Лучшей частью этих дней — если, конечно, не было дождя, снега или слишком низкой температуры — была прогулка после завтрака через девять кварталов до Центрального парка[4]. Хотя он носил с собой мобильный телефон и постоянно пользовался планшетом (на самом деле он стал от него зависимым), он все же предпочитал печатную версию «Таймс». В парке он усаживался на свою любимую скамейку и возился с газетой целый час, читая разделы с последних страниц до первых, убеждая себя, что постепенно переходит от возвышенного к смешному.

Однажды утром в середине мая, когда погода была прохладной, но вполне подходящей для сидения на скамейке и чтения, он с досадой поднял глаза от газеты и увидел человека, сидящего на другом конце скамейки, хотя поблизости было много пустых мест. Человек, вторгшийся в личное пространство Джеймисона, выглядел лет на сорок пять, не красавец и не урод, просто совершенно заурядная личность. То же самое можно было сказать и о его одежде: кроссовки Нью Бэленс, джинсы, бейсболка Янкиз[5] и толстовка Янкиз с откинутым капюшоном. Джеймисон с неприязнью на него покосился и приготовился пересесть на другую скамейку.

— Подождите, — сказал мужчина. — Я присел сюда, потому что хочу попросить вас об одолжении. Оно не такое уж и большое, и я готов заплатить. — Он сунул руку в карман-кенгуру своей толстовки и вытащил двадцатидолларовую купюру.

— Я не делаю одолжений незнакомым людям, — сказал Джеймисон и встал.

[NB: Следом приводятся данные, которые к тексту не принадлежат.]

/// Which sides have something that nobody took yet, beside the clients' connections.
#[derive(Clone, Copy)]
struct Ready {
    datagram: bool,
    feed: bool,
}

/// A UDP socket, the clients' connections and the feed's side.
///
/// While one asker alone asks and all others are at rest, a poll waits for it alone, so that a query takes one call of the system
/// and its reply another; the others are looked at once in so long a time. Otherwise a poll waits for all that may come. What a wait
/// has found is taken side by side, a datagram or a piece of each, before the next wait: so none of them waits for long. Behind a
/// piece with several queries datagrams are looked at once more: so a datagram waits for one such piece, and not for those of all. Behind
/// a piece of the feed, which has no bytes of two frames, they have a turn.
#[derive(Drop)]
pub(crate) struct Sockets<'a> {
    rt: &'a HostRuntime,
    udp: UdpSocket,
    streams: Streams<'a>,
    feed: Feed<'a>,
    ready: Ready,
    // whether the last piece of a client's connection may have had several queries
    was_long: bool,
    // whether the last piece was the feed's, and the turn that datagrams have behind one
    was_fed: bool,
    turn: Turn,
    // who asked last, and how many more times before, with nothing else in between
    asker: Asker,
    streak: u8,
    // when all sides are to be looked at again
    look_at: u64,
}

/// So many microseconds in milliseconds, or one more; at most as many as a poll waits.
fn millis(time: u64) -> i32 {
    i32::try_from(time.min(REST) / MILLISECOND + 1).unwrap_or(0)
}

/// Asks for a queue of so many bytes for datagrams that nobody took yet: the system gives as much of it as it gives anybody. Where it
/// gives none the queue is as long as it was.
fn widen_queue(udp: &UdpSocket) {
    let mut value = [0; 16];
    value[..4].copy_from_slice(&QUEUE.to_ne_bytes());
    // The option is one of four bytes, which stand at the front.
    let _ = unsafe { setsockopt(udp.as_raw_fd(), SOL_SOCKET, SO_RCVBUF, &value, 4) };
}

/// A socket for datagrams of this number. No call on it waits for long.
fn bind_udp<N: Net>(net: &mut N, number: u16) -> io::Result<UdpSocket>
    ensures { Asks (N.told net.old) (N.told net.new) (loopback_bytes number) }
{
    let udp = bind_datagrams(net, number)?;
    let wait = Duration::from_micros(LOOK);
    udp.set_read_timeout(Some(wait))?;
    udp.set_write_timeout(Some(wait))?;
    widen_queue(&udp);
    Ok(udp)
}

/// Tells people why a port wasn't bound, if it wasn't.
fn heard<T>(
    people: &People<'_>,
    number: u16,
    what: &'static str,
    bound: io::Result<T>,
) -> io::Result<T>
    ensures { result ≡ bound }
{
    if let Err(error) = &bound {
        people.tell(Cause::Unbound {
            number,
            what,
            error: *error,
        });
    }
    bound
}

/// A datagram of so many bytes from this address.
fn query_of(from: SocketAddrV4, len: usize) -> Polled
    ensures { result ≡ Polled.Query (client_at (address_bytes from)) len }
{
    let Client(client) = Client::at(from);
    Polled::Query { client, len }
}

/// Where a call on a socket would have to wait, nothing has come.
fn nothing_yet(error: io::Error) -> io::Result<Polled>
    ensures { IfOk result (λ polled. polled ≡ Polled.Nothing) }
{
    match error.kind() {
        ErrorKind::WouldBlock => Ok(Polled::Nothing),
        _ => Err(error),
    }
}

impl<'a> Sockets<'a> {
    pub(crate) fn bind<N: Net>(
        net: &mut N,
        rt: &'a HostRuntime,
        people: &'a People<'a>,
        udp: u16,
        feed: u16,
    ) -> io::Result<Sockets<'a>>
        ensures asked { AsksFirst (N.told net.old) (N.told net.new) (port_addresses udp feed) }
        ensures ok { OnOk result (AsksAll (N.told net.old) (N.told net.new) (port_addresses udp feed)) }
    {
        let datagrams = heard(people, udp, "UDP", bind_udp(net, udp))?;
        let bound = Streams::bind(net, rt, people, udp);
        let streams = heard(people, udp, "TCP, queries", bound)?;
        let bound = Feed::bind(net, rt, people, feed);
        let feed = heard(people, feed, "TCP, the feed", bound)?;
        Ok(Sockets {
            rt,
            udp: datagrams,
            streams,
            feed,
            ready: Ready {
                datagram: false,
                feed: false,
            },
            was_long: false,
            was_fed: false,
            turn: Turn::none(),
            asker: Asker::Nobody,
            streak: 0,
            look_at: 0,
        })
    }

    /// A datagram, a piece of a client's connection or of the feed, or an end; nothing where none comes for a long time.
    #[tactic(auto, using(crate::proofs::NetLemmas::Hears_nothing, crate::proofs::NetLemmas::Hears_then))]
    pub(crate) fn poll<N: Net>(&mut self, net: &mut N, buffer: &mut [u8]) -> io::Result<Polled>
        requires { length buffer.old ≡ POLL_ROOM }
        ensures told { HandsOnOk (N.told net.old) (N.told net.new) buffer.new result }
        ensures within { IfOk result (λ polled. IsWithin polled (length buffer.new)) }
        ensures room { length buffer.new ≡ length buffer.old }
    {
        self.begin_turn();
        for _ in 0..u64::MAX {
            self.look_for_datagram();
            match self.take(net, buffer)? {
                Polled::Nothing if self.is_ready() || self.wait() => {}
                polled => return Ok(polled),
            }
        }
        Ok(Polled::Nothing)
    }

    /// Whether there is something to be taken.
    fn is_ready(&self) -> bool {
        self.ready.feed || self.ready.datagram || self.streams.are_ready()
    }

    /// Gives datagrams a turn behind a piece of the feed.
    fn begin_turn(&mut self) {
        if self.was_fed {
            self.was_fed = false;
            self.turn = Turn::new(now(self.rt));
        }
    }

    /// Looks whether a datagram has come, where others would be taken before the next wait. The turn of datagrams ends where none has.
    fn look_for_datagram(&mut self) {
        let is_looked_for = self.turn.is_on() || self.was_long && self.streams.are_ready();
        if is_looked_for && !self.ready.datagram {
            self.ready.datagram = poll(&mut [self.datagrams()], 0) > 0;
        }
        self.was_long = false;
        if !self.ready.datagram {
            self.turn = Turn::none();
        }
    }

    /// Whether the feed is next: it has something, and it isn't the turn of datagrams.
    fn is_feeds(&self) -> bool
        ensures { IsTrue self.now.ready.feed → self.now.turn.until ≡ 0 → IsTrue result }
    {
        self.ready.feed && !(self.ready.datagram && self.turn.is_on())
    }

    /// Takes from one side that has something. Where none has and the others needn't be looked at yet, whoever asks alone is waited
    /// for.
    #[tactic(auto, using(crate::proofs::NetLemmas::Hears_nothing))]
    fn take<N: Net>(&mut self, net: &mut N, buffer: &mut [u8]) -> io::Result<Polled>
        requires { length buffer.old ≡ POLL_ROOM }
        ensures told { HandsOnOk (N.told net.old) (N.told net.new) buffer.new result }
        ensures within { IfOk result (λ polled. IsWithin polled (length buffer.new)) }
        ensures room { length buffer.new ≡ length buffer.old }
    {
        let now = now(self.rt);
        self.turn = self.turn.left(now);
        if self.is_feeds() {
            return self.poll_feed(net, buffer, now);
        }
        let polled = if self.ready.datagram {
            self.ready.datagram = false;
            self.receive(net, buffer)?
        } else if self.streams.are_ready() {
            self.streams.poll(net, buffer, now)
        } else if self.streak >= STRETCH && now < self.look_at {
            self.wait_for_asker(net, buffer, now)?
        } else {
            return Ok(Polled::Nothing);
        };
        self.note(polled);
        Ok(polled)
    }

    /// What the feed brings. Where it's nothing, whoever asks alone still does.
    fn poll_feed<N: Net>(&mut self, net: &mut N, buffer: &mut [u8], now: u64) -> io::Result<Polled>
        ensures told { HandsOnOk (N.told net.old) (N.told net.new) buffer.new result }
        ensures within { IfOk result (λ polled. IsWithin polled (length buffer.new)) }
        ensures room { length buffer.new ≡ length buffer.old }
    {
        self.ready.feed = false;
        let polled = self.feed.poll(net, buffer, now)?;
        if polled != Polled::Nothing {
            self.note(polled);
        }
        Ok(polled)
    }

    /// Waits for a moment for whoever asks alone.
    #[tactic(auto, using(crate::proofs::NetLemmas::Hears_nothing))]
    fn wait_for_asker<N: Net>(
        &mut self,
        net: &mut N,
        buffer: &mut [u8],
        now: u64,
    ) -> io::Result<Polled>
        requires { length buffer.old ≡ POLL_ROOM }
        ensures told { HandsOnOk (N.told net.old) (N.told net.new) buffer.new result }
        ensures within { IfOk result (λ polled. IsWithin polled (length buffer.new)) }
        ensures room { length buffer.new ≡ length buffer.old }
    {
        match self.asker {
            Asker::Datagrams => self.receive(net, buffer),
            Asker::Stream(client) => Ok(self.streams.wait_for(net, client, buffer, now)),
            Asker::Nobody => Ok(Polled::Nothing),
        }
    }

    /// Notes who asks, and how much at once.
    fn note(&mut self, polled: Polled) {
        let asker = match polled {
            Polled::Query { .. } => Asker::Datagrams,
            Polled::Stream { client, .. } => Asker::Stream(client),
            _ => Asker::Nobody,
        };
        self.streak = if asker == self.asker {
            self.streak.saturating_add(1)
        } else {
            0
        };
        self.asker = asker;
        self.was_long = matches!(polled, Polled::Stream { len, .. } if len > ONE_QUERY);
        self.was_fed = matches!(polled, Polled::Feed { .. });
    }

    /// What a wait for datagrams is to look at.
    fn datagrams(&self) -> pollfd {
        pollfd {
            fd: self.udp.as_raw_fd(),
            events: POLLIN,
            revents: 0,
        }
    }

    /// What a wait is to look at.
    fn asked(&self, now: u64) -> [pollfd; PLACES]
        ensures { AsksEach self.now.streams.streams.items (drop FIRST_PLACES result) }
    {
        let mut asked = [NOTHING_ASKED; PLACES];
        let [door, link] = self.feed.asked(now);
        asked[0] = self.datagrams();
        asked[1] = door;
        asked[2] = link;
        asked[3] = self.streams.asked(now);
        self.streams.ask(&mut asked[FIRST_PLACES..]);
        asked
    }

    /// Waits until one side has something, or the time is over. Whether one has.
    fn wait(&mut self) -> bool {
        let begun = now(self.rt);
        let feed_due = self.feed.due(begun);
        let due = feed_due.min(self.streams.due(begun));
        let time = if due <= begun {
            0
        } else {
            millis(due.saturating_sub(begun))
        };
        let mut places = self.asked(begun);
        // A wait for more places than the system lets the program have open fails.
        let count = FIRST_PLACES + self.streams.count();
        if poll(&mut places[..count], time) <= 0 {
            places = [NOTHING_ASKED; PLACES];
        }
        let ended = now(self.rt);
        self.look(&places, feed_due <= ended, ended);
        self.is_ready()
    }

    /// Notes what a wait has found.
    fn look(&mut self, places: &[pollfd; PLACES], is_feed_due: bool, now: u64)
        ensures { LooksAtEach self.old.streams.streams.items self.new.streams.streams.items (drop FIRST_PLACES places.now) now }
    {
        self.look_at = now.saturating_add(LOOK);
        self.ready = Ready {
            datagram: places[0].revents != 0,
            feed: is_feed_due || places[1].revents != 0 || places[2].revents != 0,
        };
        let is_called = places[3].revents != 0;
        self.streams.look(is_called, &places[FIRST_PLACES..], now);
    }

    /// A datagram, or nothing where none comes in time.
    #[tactic(auto, using(crate::proofs::NetLemmas::Query_hears, crate::proofs::NetLemmas::Nothing_hears))]
    fn receive<N: Net>(&self, net: &mut N, buffer: &mut [u8]) -> io::Result<Polled>
        requires { length buffer.old ≡ POLL_ROOM }
        ensures told { HandsOnOk (N.told net.old) (N.told net.new) buffer.new result }
        ensures within { IfOk result (λ polled. IsWithin polled (length buffer.new)) }
        ensures room { length buffer.new ≡ length buffer.old }
    {
        match self.receive_once(net, buffer) {
            Ok((len, from)) => Ok(query_of(from, len)),
            Err(error) => nothing_yet(error),
        }
    }

    /// Receives once, but for calls that a signal interrupted.
    #[tactic(auto, using(crate::proofs::NetLemmas::Adds_nothing, crate::proofs::NetLemmas::Comes_then, crate::proofs::NetLemmas::Comes_failed))]
    fn receive_once<N: Net>(
        &self,
        net: &mut N,
        buffer: &mut [u8],
    ) -> io::Result<(usize, SocketAddrV4)>
        ensures came { ComesIn (N.told net.old) (N.told net.new) buffer.new result }
        ensures room { length buffer.new ≡ length buffer.old }
    {
        for _ in 0..u64::MAX {
            match net.receive(&self.udp, buffer) {
                Err(error) if error.kind() == ErrorKind::Interrupted => {}
                answer => return answer,
            }
        }
        Err(ErrorKind::WouldBlock.into())
    }

    /// Sends a datagram.
    pub(crate) fn reply<N: Net>(
        &mut self,
        net: &mut N,
        client: Client,
        bytes: &[u8],
    ) -> io::Result<()>
        ensures same { self.new ≡ self.old }
        ensures given { GivesWhole (N.told net.old) (N.told net.new) (drop 2 (to_be_bytes w64 client.0)) bytes.now result }
    {
        send_whole(net, &self.udp, client, bytes)
    }

    /// Sends a reply over the connection of this client, or keeps it to be sent, or its connection is over.
    pub(crate) fn stream_reply<N: Net>(&mut self, net: &mut N, client: u64, bytes: &[u8])
        ensures sends { SendsOn (N.told net.old) (N.told net.new) (Peer.Client client) }
        ensures reply { GivesReply (N.told net.old) (N.told net.new) self.old.streams.streams.items self.new.streams.streams.items client bytes.now }
    {
        self.streams.reply(net, client, bytes);
    }

    /// Closes the connection of this client, if it is there.
    pub(crate) fn close_stream(&mut self, client: u64)
        ensures { HasNone self.new.streams.streams.items client }
    {
        self.streams.close(client);
    }

    /// Sends a reply to the feed, or keeps it to be sent, or nothing goes over its connection any more.
    pub(crate) fn feed_reply<N: Net>(&mut self, net: &mut N, bytes: &[u8]) -> io::Result<()>
        ensures sends { SendsOn (N.told net.old) (N.told net.new) Peer.Feed }
        ensures reply { SendsReply (N.told net.old) (N.told net.new) self.old.feed.place self.new.feed.place result bytes.now }
    {
        self.feed.send(net, bytes)
    }

    pub(crate) fn close_feed<N: Net>(&mut self, net: &mut N)
        ensures { SendsOn (N.told net.old) (N.told net.new) Peer.Feed }
    {
        self.feed.close(net, now(self.rt));
    }

    /// Closes the clients' connections, lets the feed's go, and waits until it has left.
    pub(crate) fn finish<N: Net>(&mut self, net: &mut N) {
        self.streams.close_all();
        self.feed.close(net, now(self.rt));
        for _ in 0..u64::MAX {
            if !self.feed.is_leaving() {
                break;
            }
            self.wait_for_leaving(net);
        }
    }

    /// Waits for the connection that leaves, and goes on with it.
    fn wait_for_leaving<N: Net>(&mut self, net: &mut N) {
        let [_, link] = self.feed.asked(now(self.rt));
        let _ = poll(&mut [link], LAST_MILLIS);
        self.feed.let_leave(net, now(self.rt));
    }
}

— Но в том-то и дело, что мы с вами незнакомы. Выслушайте меня. Если вы скажете Нет, я пойму. Но, пожалуйста, выслушайте меня. Вы могли бы… — Он прочистил горло, и Джеймисон понял, что парень нервничает. Может быть, даже больше, может быть, он напуган. — Вы могли бы спасти мне жизнь.

Джеймисон задумался, затем присел, но так далеко от другого мужчины, как только мог, держа обе ягодицы на скамейке.

— Я дам вам минуту, но если вы станете нести чушь, я уйду. И уберите свои деньги. Мне это не нужно, и я этого не хочу.

Мужчина посмотрел на банкноту, словно удивляясь, что она все еще у него в руке, и положил ее обратно в карман толстовки. Он положил руки на бедра и стал смотреть на них, а не на Джеймисона.

— Я алкоголик. Сейчас в завязке — четыре месяца трезвости. Четыре месяца и двенадцать дней, если быть точным.

— Поздравляю, — сказал Джеймисон. Он понял, что мужчина не шутит, и ему еще больше захотелось встать и уйти. Парень казался нормальным, но Джеймисон был достаточно взрослым, чтобы знать, что иногда ку-ку не сразу выходит наружу.

— Я уже трижды пытался завязать, и один раз не пил почти год. Я думаю, что это мой последний шанс схватить судьбу за ворот. Я хожу к АА[6]. Это…

— Я знаю, что это такое. Как вас зовут, мистер Четырехмесячный Трезвенник?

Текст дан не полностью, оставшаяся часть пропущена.